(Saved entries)
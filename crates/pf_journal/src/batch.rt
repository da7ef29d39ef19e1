use std::alloc::{AllocError, Global};
use std::marker::Model;

/// The lines that a batch has at most.
const MOST_LINES: usize = 1024;

/// The bytes that the text of a line has at most.
pub(crate) const MOST_TEXT: usize = 65_536;

/// The bytes that its lines have at most: 64 KiB, and the gate and the end of one line.
pub(crate) const MOST_BYTES: usize = 65_538;

/// Lines that are put into a journal together. Contracts see them as their texts. The memory of as many as it may have is taken as
/// it is made.
#[derive(Drop)]
pub struct Batch {
    /// The lines with open gates, and a shut gate after them.
    bytes: Vec<u8>,
    lines: usize,
}

impl Model for Batch {
    ghost use Rattle.std.specs.Prelude.{◌≡◌, ◌≤◌, ℕ, List, length};
    ghost use Rattle.std.specs.Vec.{vec_capacity};
    ghost use Rattle.pf_journal.specs.Lines.{journal_of, texts_of};

    ghost Value = { List (List ℕ) };

    ghost view = { λ b. texts_of b.bytes.items };

    ghost invariant = { λ b. (b.bytes.items ≡ journal_of (texts_of b.bytes.items)) × (b.lines ≡ length (texts_of b.bytes.items)) × (length b.bytes.items ≤ 65539)
        × (65539 ≤ vec_capacity b.bytes) };
}

impl Batch {
    ghost use Rattle.std.specs.Prelude.{◌≡◌, ◌≤◌, ◌++◌, ◌∷◌, [], true, length, IfOk};
    ghost use Rattle.pf_journal.specs.Lines.{is_text, journal_of, texts_of};
    ghost use Rattle.pf_journal.specs.Batches.{has_room};

    /// A batch without lines.
    ///
    /// # Errors
    ///
    /// Where memory is refused.
    pub fn new(alloc: Global) -> Result<Batch, AllocError>
        ensures { IfOk result (λ batch. batch ≡ []) }
    {
        let mut bytes = Vec::with_capacity(alloc, MOST_BYTES + 1)?;
        bytes.extend_from_slice(b"#")?;
        Ok(Batch { bytes, lines: 0 })
    }

    /// Takes all lines out.
    pub fn clear(&mut self)
        ensures { self.new ≡ [] }
    {
        self.bytes.clear();
        self.bytes.extend_from_slice(b"#").unwrap();
        self.lines = 0;
    }

    /// Whether a line fits: a batch has at most 1,024 lines, and 64 KiB beside the gate and the end of one. So each text of at
    /// most 65,536 bytes fits into an empty one.
    pub fn has_room(&self, text: &[u8]) -> bool
        ensures { result ≡ has_room self.now text.now }
    {
        self.lines < MOST_LINES && self.bytes.len() + text.len() < MOST_BYTES
    }

    /// Adds a line.
    pub fn push(&mut self, text: &[u8])
        requires text { is_text text.now ≡ true }
        requires room { has_room self.old text.now ≡ true }
        ensures ok { self.new ≡ self.old ++ text.now ∷ [] }
    {
        let gate = self.bytes.len() - 1;
        self.bytes.extend_from_slice(text).unwrap();
        self.bytes.extend_from_slice(b"\n#").unwrap();
        self.bytes[gate] = b' ';
        self.lines += 1;
    }

    /// Its lines with open gates, and a shut gate after them.
    pub(crate) fn bytes(&self) -> &[u8]
        ensures bytes { result.now ≡ journal_of self.now }
        ensures read { texts_of result.now ≡ self.now }
        ensures few { length result.now ≤ 65539 }
    {
        &self.bytes
    }
}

◆ About this task
Go through the entries above and pull out each line with "requires" in it.

◆ Written answer
        requires text { is_text text.now ≡ true }
        requires room { has_room self.old text.now ≡ true }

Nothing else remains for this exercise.